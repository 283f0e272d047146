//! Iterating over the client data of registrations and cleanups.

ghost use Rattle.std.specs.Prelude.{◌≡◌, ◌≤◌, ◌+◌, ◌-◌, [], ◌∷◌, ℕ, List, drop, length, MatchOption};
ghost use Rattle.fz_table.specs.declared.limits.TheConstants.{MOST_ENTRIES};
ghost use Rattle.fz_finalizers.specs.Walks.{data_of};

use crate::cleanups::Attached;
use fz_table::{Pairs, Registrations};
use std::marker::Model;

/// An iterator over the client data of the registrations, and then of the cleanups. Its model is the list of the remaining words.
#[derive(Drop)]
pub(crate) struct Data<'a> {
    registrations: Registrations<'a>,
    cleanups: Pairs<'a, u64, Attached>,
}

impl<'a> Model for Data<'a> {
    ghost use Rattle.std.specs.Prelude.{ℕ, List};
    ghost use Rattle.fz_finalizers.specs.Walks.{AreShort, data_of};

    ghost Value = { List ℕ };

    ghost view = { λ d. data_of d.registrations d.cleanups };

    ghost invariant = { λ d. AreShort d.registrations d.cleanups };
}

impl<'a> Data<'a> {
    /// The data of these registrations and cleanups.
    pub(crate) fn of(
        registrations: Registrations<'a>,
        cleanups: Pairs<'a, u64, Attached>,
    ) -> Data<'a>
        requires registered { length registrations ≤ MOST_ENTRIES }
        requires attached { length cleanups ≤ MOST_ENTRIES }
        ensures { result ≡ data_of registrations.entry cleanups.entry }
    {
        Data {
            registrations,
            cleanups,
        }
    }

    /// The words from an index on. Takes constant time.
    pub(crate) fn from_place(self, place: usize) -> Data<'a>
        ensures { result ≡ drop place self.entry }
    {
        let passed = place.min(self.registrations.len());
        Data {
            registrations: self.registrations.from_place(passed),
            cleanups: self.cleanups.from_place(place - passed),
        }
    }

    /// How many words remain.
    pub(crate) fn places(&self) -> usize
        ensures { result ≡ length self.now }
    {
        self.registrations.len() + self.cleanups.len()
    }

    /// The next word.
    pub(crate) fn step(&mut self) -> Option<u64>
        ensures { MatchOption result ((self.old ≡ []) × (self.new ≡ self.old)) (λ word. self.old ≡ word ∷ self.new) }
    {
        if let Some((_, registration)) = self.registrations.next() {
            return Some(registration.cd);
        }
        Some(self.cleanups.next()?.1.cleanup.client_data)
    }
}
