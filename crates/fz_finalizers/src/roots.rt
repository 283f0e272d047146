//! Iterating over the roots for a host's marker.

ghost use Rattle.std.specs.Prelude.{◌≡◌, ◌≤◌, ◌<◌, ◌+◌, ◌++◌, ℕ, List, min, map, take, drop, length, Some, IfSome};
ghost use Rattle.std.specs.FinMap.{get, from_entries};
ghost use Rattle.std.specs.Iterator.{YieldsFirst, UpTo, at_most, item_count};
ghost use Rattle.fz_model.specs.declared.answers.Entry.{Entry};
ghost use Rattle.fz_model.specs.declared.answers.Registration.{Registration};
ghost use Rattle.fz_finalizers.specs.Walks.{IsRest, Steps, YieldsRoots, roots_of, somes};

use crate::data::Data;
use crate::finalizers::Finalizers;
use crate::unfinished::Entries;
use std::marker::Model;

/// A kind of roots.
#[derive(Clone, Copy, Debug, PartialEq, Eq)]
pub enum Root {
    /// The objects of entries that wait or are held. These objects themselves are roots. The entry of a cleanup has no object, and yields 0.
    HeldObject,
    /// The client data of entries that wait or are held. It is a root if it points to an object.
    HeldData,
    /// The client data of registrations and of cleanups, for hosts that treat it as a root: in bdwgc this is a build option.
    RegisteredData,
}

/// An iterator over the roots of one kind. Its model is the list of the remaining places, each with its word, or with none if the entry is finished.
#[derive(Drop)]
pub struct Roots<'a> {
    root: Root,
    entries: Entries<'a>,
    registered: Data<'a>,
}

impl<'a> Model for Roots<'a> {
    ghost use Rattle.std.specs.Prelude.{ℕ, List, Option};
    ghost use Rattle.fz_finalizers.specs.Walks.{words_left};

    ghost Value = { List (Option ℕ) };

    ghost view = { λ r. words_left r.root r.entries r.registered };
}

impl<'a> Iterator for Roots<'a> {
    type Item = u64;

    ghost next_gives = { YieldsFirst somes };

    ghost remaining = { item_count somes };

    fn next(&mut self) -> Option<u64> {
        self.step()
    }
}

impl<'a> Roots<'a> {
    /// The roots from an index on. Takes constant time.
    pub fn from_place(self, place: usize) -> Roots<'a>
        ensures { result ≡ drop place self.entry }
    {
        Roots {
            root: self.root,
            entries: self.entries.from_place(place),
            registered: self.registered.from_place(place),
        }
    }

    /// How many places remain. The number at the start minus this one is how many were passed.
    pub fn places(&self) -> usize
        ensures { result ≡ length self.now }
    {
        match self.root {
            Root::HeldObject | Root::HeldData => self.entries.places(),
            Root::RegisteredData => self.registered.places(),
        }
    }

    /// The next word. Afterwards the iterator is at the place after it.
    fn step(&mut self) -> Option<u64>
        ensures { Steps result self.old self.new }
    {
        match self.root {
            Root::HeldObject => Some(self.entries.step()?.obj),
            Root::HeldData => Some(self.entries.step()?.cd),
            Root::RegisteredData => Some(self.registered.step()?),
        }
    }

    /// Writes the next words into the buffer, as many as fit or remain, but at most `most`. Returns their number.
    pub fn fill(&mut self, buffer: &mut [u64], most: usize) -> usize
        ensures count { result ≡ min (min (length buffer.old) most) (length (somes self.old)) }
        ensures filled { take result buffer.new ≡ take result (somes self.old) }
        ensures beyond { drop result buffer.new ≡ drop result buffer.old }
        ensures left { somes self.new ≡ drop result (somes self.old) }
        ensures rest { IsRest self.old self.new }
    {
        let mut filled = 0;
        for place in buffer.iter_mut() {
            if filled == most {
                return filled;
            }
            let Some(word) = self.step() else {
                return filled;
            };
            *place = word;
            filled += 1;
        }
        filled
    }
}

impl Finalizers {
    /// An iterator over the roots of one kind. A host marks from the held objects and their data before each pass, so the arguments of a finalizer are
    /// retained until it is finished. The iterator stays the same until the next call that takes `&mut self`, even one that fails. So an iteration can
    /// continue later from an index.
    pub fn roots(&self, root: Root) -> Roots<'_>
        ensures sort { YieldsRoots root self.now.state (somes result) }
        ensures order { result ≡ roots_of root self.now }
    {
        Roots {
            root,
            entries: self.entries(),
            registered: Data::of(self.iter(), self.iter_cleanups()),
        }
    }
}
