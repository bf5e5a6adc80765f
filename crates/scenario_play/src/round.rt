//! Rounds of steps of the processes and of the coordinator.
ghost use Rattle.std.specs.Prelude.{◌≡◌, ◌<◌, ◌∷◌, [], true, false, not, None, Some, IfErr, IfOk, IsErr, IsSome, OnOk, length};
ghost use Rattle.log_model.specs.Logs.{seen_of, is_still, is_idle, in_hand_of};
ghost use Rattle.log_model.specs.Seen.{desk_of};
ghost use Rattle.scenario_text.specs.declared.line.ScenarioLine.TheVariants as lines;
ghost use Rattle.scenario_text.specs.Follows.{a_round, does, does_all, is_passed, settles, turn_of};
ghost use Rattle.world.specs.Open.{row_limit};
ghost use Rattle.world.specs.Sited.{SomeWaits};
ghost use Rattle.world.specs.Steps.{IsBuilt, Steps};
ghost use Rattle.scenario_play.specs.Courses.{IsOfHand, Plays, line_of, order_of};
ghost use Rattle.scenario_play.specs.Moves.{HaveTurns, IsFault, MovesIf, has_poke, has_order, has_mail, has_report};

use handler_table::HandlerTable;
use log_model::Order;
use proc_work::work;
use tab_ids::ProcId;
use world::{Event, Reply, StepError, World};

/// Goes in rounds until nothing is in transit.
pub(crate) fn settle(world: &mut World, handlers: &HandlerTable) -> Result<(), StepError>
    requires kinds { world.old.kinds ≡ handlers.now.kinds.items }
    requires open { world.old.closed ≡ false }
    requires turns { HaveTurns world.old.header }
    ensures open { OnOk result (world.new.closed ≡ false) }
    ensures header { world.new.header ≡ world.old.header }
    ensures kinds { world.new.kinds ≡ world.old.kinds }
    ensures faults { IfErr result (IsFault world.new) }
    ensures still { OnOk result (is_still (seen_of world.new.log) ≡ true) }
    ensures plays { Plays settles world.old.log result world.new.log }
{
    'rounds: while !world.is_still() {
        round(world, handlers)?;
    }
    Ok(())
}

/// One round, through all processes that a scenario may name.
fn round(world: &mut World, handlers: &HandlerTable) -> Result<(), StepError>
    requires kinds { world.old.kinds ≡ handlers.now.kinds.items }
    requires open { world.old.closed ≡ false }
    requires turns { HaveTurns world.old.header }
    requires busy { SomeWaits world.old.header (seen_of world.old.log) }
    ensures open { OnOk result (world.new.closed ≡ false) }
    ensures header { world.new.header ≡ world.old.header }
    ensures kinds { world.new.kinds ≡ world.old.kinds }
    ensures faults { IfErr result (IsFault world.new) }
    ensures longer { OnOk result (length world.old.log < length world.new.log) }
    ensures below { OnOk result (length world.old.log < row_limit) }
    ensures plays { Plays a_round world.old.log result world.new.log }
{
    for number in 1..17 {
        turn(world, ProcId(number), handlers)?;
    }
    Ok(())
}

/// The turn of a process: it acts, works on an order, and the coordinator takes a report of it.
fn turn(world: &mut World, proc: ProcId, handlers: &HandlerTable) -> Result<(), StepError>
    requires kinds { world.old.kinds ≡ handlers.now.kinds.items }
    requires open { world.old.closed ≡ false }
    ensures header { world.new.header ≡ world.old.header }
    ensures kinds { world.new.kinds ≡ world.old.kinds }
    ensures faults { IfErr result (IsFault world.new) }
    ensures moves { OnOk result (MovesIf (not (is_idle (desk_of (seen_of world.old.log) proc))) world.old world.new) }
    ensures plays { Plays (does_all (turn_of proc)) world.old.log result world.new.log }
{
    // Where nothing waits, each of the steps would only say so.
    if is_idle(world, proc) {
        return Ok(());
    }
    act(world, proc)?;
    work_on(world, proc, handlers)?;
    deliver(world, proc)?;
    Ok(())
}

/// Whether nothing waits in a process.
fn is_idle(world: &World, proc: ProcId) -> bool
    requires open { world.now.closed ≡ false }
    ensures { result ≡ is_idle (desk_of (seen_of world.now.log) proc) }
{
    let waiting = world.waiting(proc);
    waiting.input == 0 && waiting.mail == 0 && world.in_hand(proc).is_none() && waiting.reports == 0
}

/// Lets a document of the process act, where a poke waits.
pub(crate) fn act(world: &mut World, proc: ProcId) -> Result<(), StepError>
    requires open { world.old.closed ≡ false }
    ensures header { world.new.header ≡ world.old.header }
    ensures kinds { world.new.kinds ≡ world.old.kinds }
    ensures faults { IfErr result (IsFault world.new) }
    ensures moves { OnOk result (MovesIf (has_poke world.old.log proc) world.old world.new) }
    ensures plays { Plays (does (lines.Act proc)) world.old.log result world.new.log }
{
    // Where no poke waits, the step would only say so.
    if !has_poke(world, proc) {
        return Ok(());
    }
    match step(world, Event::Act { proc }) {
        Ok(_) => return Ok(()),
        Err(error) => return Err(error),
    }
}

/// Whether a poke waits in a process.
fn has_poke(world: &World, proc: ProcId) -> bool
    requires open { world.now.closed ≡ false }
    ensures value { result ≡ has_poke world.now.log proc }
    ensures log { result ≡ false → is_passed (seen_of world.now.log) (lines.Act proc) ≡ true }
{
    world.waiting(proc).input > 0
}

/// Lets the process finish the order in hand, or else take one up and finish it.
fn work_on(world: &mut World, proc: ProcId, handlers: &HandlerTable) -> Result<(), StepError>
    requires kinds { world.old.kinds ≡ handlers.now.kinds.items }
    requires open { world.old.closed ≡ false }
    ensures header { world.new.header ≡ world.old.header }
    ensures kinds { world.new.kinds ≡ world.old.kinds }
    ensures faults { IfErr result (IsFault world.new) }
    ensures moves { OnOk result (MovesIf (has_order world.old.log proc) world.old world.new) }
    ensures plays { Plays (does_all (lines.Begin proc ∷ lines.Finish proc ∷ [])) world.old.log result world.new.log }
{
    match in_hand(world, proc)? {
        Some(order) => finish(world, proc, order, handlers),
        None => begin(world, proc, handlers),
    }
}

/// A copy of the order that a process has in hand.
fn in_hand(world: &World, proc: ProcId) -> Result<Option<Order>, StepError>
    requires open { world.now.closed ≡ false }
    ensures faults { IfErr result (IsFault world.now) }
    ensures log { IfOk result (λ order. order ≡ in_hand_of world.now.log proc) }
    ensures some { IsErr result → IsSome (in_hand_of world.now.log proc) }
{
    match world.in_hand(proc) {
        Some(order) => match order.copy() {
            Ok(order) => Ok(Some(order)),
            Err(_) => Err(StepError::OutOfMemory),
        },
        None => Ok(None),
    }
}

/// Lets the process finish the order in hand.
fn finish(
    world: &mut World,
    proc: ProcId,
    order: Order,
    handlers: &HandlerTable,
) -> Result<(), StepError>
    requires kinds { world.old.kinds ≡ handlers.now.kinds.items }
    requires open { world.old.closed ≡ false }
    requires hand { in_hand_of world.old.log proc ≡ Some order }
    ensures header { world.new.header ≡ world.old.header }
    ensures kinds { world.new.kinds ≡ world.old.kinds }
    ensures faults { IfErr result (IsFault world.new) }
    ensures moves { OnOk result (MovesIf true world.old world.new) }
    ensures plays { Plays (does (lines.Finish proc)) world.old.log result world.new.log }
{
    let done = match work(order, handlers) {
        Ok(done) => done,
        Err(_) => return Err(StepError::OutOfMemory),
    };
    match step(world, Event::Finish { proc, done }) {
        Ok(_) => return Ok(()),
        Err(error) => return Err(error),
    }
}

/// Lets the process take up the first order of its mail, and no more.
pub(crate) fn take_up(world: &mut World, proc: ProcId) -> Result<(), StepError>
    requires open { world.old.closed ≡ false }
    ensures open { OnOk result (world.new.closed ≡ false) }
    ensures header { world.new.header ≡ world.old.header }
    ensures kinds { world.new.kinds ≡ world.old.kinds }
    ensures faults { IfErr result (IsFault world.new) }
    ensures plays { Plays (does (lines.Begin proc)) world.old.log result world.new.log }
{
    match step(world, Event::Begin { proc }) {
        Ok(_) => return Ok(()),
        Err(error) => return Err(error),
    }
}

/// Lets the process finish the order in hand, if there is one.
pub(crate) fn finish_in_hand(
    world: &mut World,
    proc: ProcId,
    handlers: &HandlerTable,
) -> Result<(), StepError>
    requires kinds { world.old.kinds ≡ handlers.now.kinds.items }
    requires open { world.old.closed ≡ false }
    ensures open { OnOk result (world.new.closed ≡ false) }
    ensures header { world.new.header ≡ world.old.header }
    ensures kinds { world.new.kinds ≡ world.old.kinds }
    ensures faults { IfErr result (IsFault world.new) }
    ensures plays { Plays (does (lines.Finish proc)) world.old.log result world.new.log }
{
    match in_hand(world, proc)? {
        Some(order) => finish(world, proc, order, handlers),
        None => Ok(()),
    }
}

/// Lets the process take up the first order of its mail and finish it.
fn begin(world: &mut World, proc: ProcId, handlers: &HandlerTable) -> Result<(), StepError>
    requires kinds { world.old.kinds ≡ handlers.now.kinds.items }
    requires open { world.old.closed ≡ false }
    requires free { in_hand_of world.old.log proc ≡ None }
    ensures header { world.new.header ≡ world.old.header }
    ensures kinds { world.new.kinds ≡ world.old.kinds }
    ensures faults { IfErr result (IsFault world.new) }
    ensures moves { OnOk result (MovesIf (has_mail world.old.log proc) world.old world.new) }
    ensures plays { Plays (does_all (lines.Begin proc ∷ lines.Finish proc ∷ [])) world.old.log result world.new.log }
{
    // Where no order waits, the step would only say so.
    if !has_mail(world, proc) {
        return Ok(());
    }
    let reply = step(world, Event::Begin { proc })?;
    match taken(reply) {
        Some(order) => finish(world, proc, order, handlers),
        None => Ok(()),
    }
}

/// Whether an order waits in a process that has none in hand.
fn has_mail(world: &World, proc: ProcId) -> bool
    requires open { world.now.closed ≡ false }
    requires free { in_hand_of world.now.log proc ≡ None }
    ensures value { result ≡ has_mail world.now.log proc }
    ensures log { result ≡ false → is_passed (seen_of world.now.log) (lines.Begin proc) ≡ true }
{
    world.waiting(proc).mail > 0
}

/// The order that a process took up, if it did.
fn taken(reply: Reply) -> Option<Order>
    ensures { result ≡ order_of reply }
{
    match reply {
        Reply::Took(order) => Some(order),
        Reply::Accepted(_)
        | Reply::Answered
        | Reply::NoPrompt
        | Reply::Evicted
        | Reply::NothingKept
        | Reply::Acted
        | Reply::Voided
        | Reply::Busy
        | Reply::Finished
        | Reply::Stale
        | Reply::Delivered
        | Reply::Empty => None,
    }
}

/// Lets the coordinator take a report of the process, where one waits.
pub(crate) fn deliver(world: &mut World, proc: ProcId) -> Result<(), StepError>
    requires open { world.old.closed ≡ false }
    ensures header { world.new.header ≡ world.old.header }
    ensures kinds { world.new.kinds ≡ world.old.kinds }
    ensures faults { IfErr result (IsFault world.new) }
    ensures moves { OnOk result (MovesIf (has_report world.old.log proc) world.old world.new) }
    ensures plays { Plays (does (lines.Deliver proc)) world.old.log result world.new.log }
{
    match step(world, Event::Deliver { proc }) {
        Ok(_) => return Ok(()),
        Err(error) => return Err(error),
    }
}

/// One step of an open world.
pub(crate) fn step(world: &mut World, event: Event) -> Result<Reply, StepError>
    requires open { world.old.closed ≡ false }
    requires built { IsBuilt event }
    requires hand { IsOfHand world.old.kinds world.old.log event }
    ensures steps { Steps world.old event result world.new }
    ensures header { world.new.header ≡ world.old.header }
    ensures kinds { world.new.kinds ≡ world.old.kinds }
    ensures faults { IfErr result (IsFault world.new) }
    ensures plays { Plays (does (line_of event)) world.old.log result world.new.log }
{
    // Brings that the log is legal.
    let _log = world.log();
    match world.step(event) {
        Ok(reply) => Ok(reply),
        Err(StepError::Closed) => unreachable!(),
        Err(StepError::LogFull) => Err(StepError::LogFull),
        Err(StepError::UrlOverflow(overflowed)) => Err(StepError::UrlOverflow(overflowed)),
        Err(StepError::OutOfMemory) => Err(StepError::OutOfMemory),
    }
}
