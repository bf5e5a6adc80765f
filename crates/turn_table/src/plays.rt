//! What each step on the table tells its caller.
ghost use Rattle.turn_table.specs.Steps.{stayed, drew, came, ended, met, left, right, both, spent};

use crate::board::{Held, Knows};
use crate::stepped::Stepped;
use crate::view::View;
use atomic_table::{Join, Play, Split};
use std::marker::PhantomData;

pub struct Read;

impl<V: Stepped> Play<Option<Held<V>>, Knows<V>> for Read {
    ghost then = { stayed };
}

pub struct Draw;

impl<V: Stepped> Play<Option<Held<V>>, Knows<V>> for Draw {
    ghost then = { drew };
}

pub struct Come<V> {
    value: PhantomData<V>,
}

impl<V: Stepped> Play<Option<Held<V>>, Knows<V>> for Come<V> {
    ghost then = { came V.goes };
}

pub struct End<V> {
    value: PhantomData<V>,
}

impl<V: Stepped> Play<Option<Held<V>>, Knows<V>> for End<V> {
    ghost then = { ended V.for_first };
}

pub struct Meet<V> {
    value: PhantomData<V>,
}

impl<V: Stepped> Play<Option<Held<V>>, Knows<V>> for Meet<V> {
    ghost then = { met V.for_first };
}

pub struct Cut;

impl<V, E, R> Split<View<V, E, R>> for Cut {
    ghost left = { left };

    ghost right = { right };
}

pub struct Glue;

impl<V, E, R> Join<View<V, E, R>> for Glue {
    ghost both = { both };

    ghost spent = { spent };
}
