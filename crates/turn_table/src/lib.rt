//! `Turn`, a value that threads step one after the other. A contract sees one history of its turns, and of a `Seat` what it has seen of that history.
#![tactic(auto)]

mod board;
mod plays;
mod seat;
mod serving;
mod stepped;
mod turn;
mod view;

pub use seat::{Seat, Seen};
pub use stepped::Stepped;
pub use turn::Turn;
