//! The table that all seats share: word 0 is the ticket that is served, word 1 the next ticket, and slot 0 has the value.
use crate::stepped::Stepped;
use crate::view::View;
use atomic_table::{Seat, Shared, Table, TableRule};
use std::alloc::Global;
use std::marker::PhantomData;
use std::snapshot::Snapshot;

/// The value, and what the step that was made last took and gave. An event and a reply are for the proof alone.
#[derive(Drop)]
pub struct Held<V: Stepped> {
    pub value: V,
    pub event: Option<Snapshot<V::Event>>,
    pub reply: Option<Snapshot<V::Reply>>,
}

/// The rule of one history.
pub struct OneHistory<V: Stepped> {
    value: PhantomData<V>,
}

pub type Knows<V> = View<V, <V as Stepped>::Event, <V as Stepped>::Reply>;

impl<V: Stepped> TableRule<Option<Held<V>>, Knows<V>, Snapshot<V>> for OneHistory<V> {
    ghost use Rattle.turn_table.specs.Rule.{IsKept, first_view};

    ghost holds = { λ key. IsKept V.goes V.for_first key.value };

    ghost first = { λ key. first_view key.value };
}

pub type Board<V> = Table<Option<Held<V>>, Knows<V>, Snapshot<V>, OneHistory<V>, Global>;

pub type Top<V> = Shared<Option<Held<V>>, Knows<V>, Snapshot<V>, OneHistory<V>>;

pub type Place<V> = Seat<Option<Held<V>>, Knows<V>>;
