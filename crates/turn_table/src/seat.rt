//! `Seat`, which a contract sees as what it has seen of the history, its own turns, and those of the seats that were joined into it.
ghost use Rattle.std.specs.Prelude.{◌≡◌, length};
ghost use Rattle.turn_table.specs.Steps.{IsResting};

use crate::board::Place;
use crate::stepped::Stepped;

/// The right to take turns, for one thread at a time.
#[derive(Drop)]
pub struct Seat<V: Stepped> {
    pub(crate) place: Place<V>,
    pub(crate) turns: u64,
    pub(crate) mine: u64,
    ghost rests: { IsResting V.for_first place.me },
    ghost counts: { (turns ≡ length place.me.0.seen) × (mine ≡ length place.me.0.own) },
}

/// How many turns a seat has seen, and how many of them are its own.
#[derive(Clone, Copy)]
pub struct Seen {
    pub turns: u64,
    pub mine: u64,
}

◇ ◇ ◇ ◇

Exercise: Determine the number of lines in the listing that hold the word "free". Nothing but that number is wanted.

Task result: 2